Mud Pit 101: Welcome to the Spring Semester

I realize I have not updated this in awhile. I also realize that I have yet to finish my report on the Holy Land Experience nor have I reported on my first semester at LTSP or the start of my second. With a brand new schedule, five new classes, and a new travel schedule between NYC and Philadelphia, I have yet to figure out a study/work/church/family schedule that works for me yet. And I’m already behind in my reading (but just so). I will write more later but I would just like to say that I am enjoying the fact that the snow piles are finally melting and mud pits are filling the seminary campus. It almost feels as if spring is actually coming soon.
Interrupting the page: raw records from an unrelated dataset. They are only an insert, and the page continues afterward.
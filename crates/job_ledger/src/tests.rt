//! The bytes of a ledger and its refusals; what every image says of a ledger whose disk fails, or whose program stops, at
//! each call; and ledgers longer than a block, in memory and in a file.
ghost use Rattle.std.specs.Prelude.{◌≤◌, ◌^◌};

use super::*;
use crate::entry::OPEN;
use crate::header::push_header;
use disk_core::{Disk, DiskCall, FileDisk, MemDisk};
use poly_io::Bytes;
use std::alloc::{AllocError, Global};
use std::fs;
use std::test::Fail;

/// What a file holds at first, the limit of its ledger, and how a ledger of `ab` and then `c` ends there: which call is
/// refused, or none, and the bytes that are read.
#[derive(Clone, Copy)]
struct Case {
    name: &'static str,
    first: &'static [u8],
    limit: u64,
    end: Result<(), LedgerStop>,
    bytes: &'static [u8],
}

const CASES: [Case; 6] = [
    Case {
        name: "an empty file",
        first: b"",
        limit: 34,
        end: Ok(()),
        bytes: b"\xf50000000000002\nab\xf50000000000001\nc\0",
    },
    Case {
        name: "a closed gate, and bytes behind it",
        first: b"\x01234567890123456789012345678901234567",
        limit: 34,
        end: Ok(()),
        bytes: b"\xf50000000000002\nab\xf50000000000001\nc\x00567",
    },
    Case {
        name: "the second record passes the limit",
        first: b"",
        limit: 33,
        end: Err(LedgerStop::LedgerLimit {
            need: 34,
            limit: 33,
        }),
        bytes: b"\xf50000000000002\nab\0",
    },
    Case {
        name: "the first record fills the limit",
        first: b"\0",
        limit: 18,
        end: Err(LedgerStop::LedgerLimit {
            need: 34,
            limit: 18,
        }),
        bytes: b"\xf50000000000002\nab\0",
    },
    Case {
        name: "the first record passes the limit",
        first: b"",
        limit: 17,
        end: Err(LedgerStop::LedgerLimit {
            need: 18,
            limit: 17,
        }),
        bytes: b"",
    },
    Case {
        name: "an open gate",
        first: b"\xf5",
        limit: 34,
        end: Err(LedgerStop::HasRun),
        bytes: b"\xf5",
    },
];

/// Begins a ledger and adds a record.
fn begin<D: Disk>(alloc: Global, disk: &mut D, limit: u64) -> Result<(), LedgerStop>
    requires { limit ≤ 2 ^ 40 }
{
    let mut ledger = Ledger::create(alloc, disk, limit, b"ab")?;
    ledger.append(disk, b"c")
}

#[test]
fn writes_records_one_after_the_other(rt: HostRuntime) -> Result<(), Fail> {
    let alloc = rt.alloc();
    for case in CASES {
        let mut disk = MemDisk::new(alloc, case.first, &[])?;
        let end = begin(alloc, &mut disk, case.limit.min(99));
        assert_eq!(rt;
            (end, disk.bytes()),
            (case.end, case.bytes),
            "{}",
            case.name
        );
    }
    Ok(())
}

/// Files, and how many records they have, or why they are refused.
const FILES: [(&[u8], Result<u64, LedgerStop>); 9] = [
    (b"", Err(LedgerStop::NoRun)),
    (b"\0", Err(LedgerStop::NoRun)),
    (b"\x000000000000002\nab\0", Err(LedgerStop::NoRun)),
    (b"\xf5", Err(LedgerStop::BadLedger { place: 1 })),
    (
        b"\xf50000000000002\nab",
        Err(LedgerStop::BadLedger { place: 1 }),
    ),
    (
        b"\xf5000000000000:\nab\0",
        Err(LedgerStop::BadLedger { place: 1 }),
    ),
    (
        b"\xf50000000000002\rab\0",
        Err(LedgerStop::BadLedger { place: 1 }),
    ),
    (
        b"\xf50000000000002\nab\xf5",
        Err(LedgerStop::BadLedger { place: 2 }),
    ),
    (b"\xf50000000000002\nab\xf50000000000000\n\x07x", Ok(2)),
];

/// How many records a file has.
fn count<D: Disk>(alloc: Global, disk: &mut D) -> Result<u64, LedgerStop> {
    Ok(Ledger::reopen(alloc, disk, 99)?.count())
}

#[test]
fn reads_the_layout_of_a_file(rt: HostRuntime) -> Result<(), Fail> {
    let alloc = rt.alloc();
    for (bytes, found) in FILES {
        let mut disk = MemDisk::new(alloc, bytes, &[])?;
        assert_eq!(rt; count(alloc, &mut disk), found, "{:?}", bytes);
    }
    Ok(())
}

/// The payloads that a run appends.
const PAYLOADS: [&[u8]; 3] = [b"ab", b"c", b""];

/// Appends the payloads, and answers how many were acknowledged.
fn run<D: Disk>(alloc: Global, disk: &mut D) -> u64 {
    let Ok(mut ledger) = Ledger::create(alloc, disk, 99, PAYLOADS[0]) else {
        return 0;
    };
    if ledger.append(disk, PAYLOADS[1]).is_err() {
        return 1;
    }
    if ledger.append(disk, PAYLOADS[2]).is_err() {
        return 2;
    }
    3
}

/// The payload of this number, where there is one.
fn payload<D: Disk>(ledger: &Ledger, disk: &mut D, number: u64) -> Result<Bytes, LedgerStop> {
    if number >= ledger.count() {
        return Err(LedgerStop::NoRun);
    }
    ledger.payload(disk, number)
}

/// Whether a file has this many first payloads, or one more; where there is none to have, no run.
fn has_kept(alloc: Global, bytes: &[u8], acknowledged: u64) -> Result<bool, LedgerStop> {
    let mut disk = MemDisk::new(alloc, bytes, &[])?;
    let ledger = match Ledger::reopen(alloc, &mut disk, 99) {
        Ok(ledger) => ledger,
        Err(LedgerStop::NoRun) => return Ok(acknowledged == 0),
        Err(_) => return Ok(false),
    };
    let count = ledger.count();
    for number in 0..PAYLOADS.len() {
        if (number as u64) < count
            && payload(&ledger, &mut disk, number as u64)?.as_slice() != PAYLOADS[number]
        {
            return Ok(false);
        }
    }
    Ok(count >= acknowledged && count - acknowledged <= 1)
}

/// The number of the first image that has not kept what was acknowledged.
fn first_lost(alloc: Global, disk: &MemDisk, acknowledged: u64) -> Result<Option<u64>, LedgerStop> {
    for number in 0..disk.image_count() {
        if !has_kept(alloc, disk.image(number)?.as_slice(), acknowledged)? {
            return Ok(Some(number));
        }
    }
    Ok(None)
}

/// How a call ends that is not done: it fails, the program stops before it, or within it after so many bytes.
const ENDS: [[DiskCall; 2]; 5] = [
    [DiskCall::Fail, DiskCall::Do],
    [DiskCall::Stop, DiskCall::Stop],
    [DiskCall::Tear(1), DiskCall::Stop],
    [DiskCall::Tear(9), DiskCall::Stop],
    [DiskCall::Tear(99), DiskCall::Stop],
];

/// More calls than a run of three records makes.
const CALLS: usize = 18;

/// How many records were acknowledged before call `k` ended so, and the first image that has lost one.
fn stopped(alloc: Global, k: usize, end: [DiskCall; 2]) -> Result<(u64, Option<u64>), LedgerStop> {
    let mut table = Vec::new(alloc);
    table.resize(k, DiskCall::Do)?;
    table.extend_from_slice(&end)?;
    let mut disk = MemDisk::new(alloc, b"", &table)?;
    let acknowledged = run(alloc, &mut disk);
    Ok((acknowledged, first_lost(alloc, &disk, acknowledged)?))
}

/// How many records are acknowledged before each call: `create` makes nine and `append` four.
const ACKNOWLEDGED: [u64; CALLS] = [0, 0, 0, 0, 0, 0, 0, 0, 0, 1, 1, 1, 1, 2, 2, 2, 2, 3];

#[test]
fn what_was_acknowledged_survives_every_crash(rt: HostRuntime) -> Result<(), Fail> {
    for k in 0..CALLS {
        for end in ENDS {
            let found = stopped(rt.alloc(), k, end);
            assert_eq!(rt; found, Ok((ACKNOWLEDGED[k], None)), "{} {:?}", k, end);
        }
    }
    Ok(())
}

/// How long the payloads of a long file are: it has as many records, so that their heads lie everywhere in its blocks, and
/// one payload is longer than a block.
fn length_of(number: u64) -> u64 {
    if number == 2000 { 70_000 } else { number % 50 }
}

/// A file of so many records, the bytes of each payload its number.
fn long_file(alloc: Global, records: u64) -> Result<Vec<u8>, AllocError> {
    let mut bytes = Vec::new(alloc);
    for number in 0..records {
        let len = length_of(number);
        bytes.push(OPEN)?;
        push_header(&mut bytes, len)?;
        for _ in 0..len {
            bytes.push((number % 200) as u8)?;
        }
    }
    bytes.push(0)?;
    Ok(bytes)
}

/// The numbers of payloads and what is read of each: its length and its last byte.
const READS: [(u64, usize, Option<u8>); 5] = [
    (0, 0, None),
    (49, 49, Some(49)),
    (2000, 70_000, Some(0)),
    (2001, 1, Some(1)),
    (3999, 49, Some(199)),
];

#[test]
fn reads_records_across_blocks(rt: HostRuntime) -> Result<(), Fail> {
    let alloc = rt.alloc();
    let bytes = long_file(alloc, 4000)?;
    let mut disk = MemDisk::new(alloc, &bytes, &[])?;
    let ledger = Ledger::reopen(alloc, &mut disk, 99).map_err(|_| "a ledger")?;
    for (number, len, last) in READS {
        let payload = payload(&ledger, &mut disk, number).map_err(|_| "a payload")?;
        let found = (
            ledger.count(),
            payload.len(),
            payload.as_slice().last().copied(),
        );
        assert_eq!(rt; found, (4000, len, last), "{}", number);
    }
    Ok(())
}

const NAME: &str = "tests_of_job_ledger.ledger";

#[test]
fn a_file_keeps_a_ledger(rt: HostRuntime) -> Result<(), Fail> {
    let alloc = rt.alloc();
    let mut writer = FileDisk::writer(&rt);
    let unattached = run(alloc, &mut writer);
    let attached = writer.attach(NAME);
    let written = run(alloc, &mut writer);
    let mut reader = FileDisk::reader(&rt);
    let read = reader.attach(NAME);
    let counted = count(alloc, &mut reader);
    let refused = begin(alloc, &mut writer, 99);
    fs::remove_file(&rt, NAME)?;
    assert_eq!(rt;
        (unattached, attached, written, read, counted, refused),
        (0, Ok(()), 3, Ok(()), Ok(3), Err(LedgerStop::HasRun))
    );
    Ok(())
}
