//! The law that each file has one layout.
ghost use Rattle.std.specs.Prelude.{List, ℕ};
ghost use Rattle.job_ledger.specs.Records.{HasOneLayout};

/// A file is empty, or has one list of records, or has one first record that is broken, and not two of these: so what the
/// clauses of a ledger say by relations is one total reading of the file's bytes.
pub fn one_layout()
    ensures { (file : List ℕ) → HasOneLayout file }
{}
My first impression, however, of this new semester is that it will be harder than my last. I am in class quite a bit more, my responsibilities at my Field Experience site has increased, and the classes are quite a bit more challenging because we are covering areas of study that I am just not well grounded in. And I think one of the most obvious signs of this, in terms of language, is how often the phrase “in confirmation class, you did ” is used in sermons and in lectures. My first thought is always, always, “I never went to confirmation.” It’s a fun phrase that is used, usually, to ground the community in a common experience but it can also be a tad alienating. It highlights a common experience that I do not have. That is not necessarily a bad thing but it’s a reminder that I’m not just learning the language of scriptures, the language of theology, the language of pastoral care, but also the language of the “ideal” common Lutheran experience. And it’s an interesting experience especially when thought of in regard to doing ministry to people without that same faith language. It’s quite easy to get stuck in that language unconsciously. And I think I fall into that trap more than I should.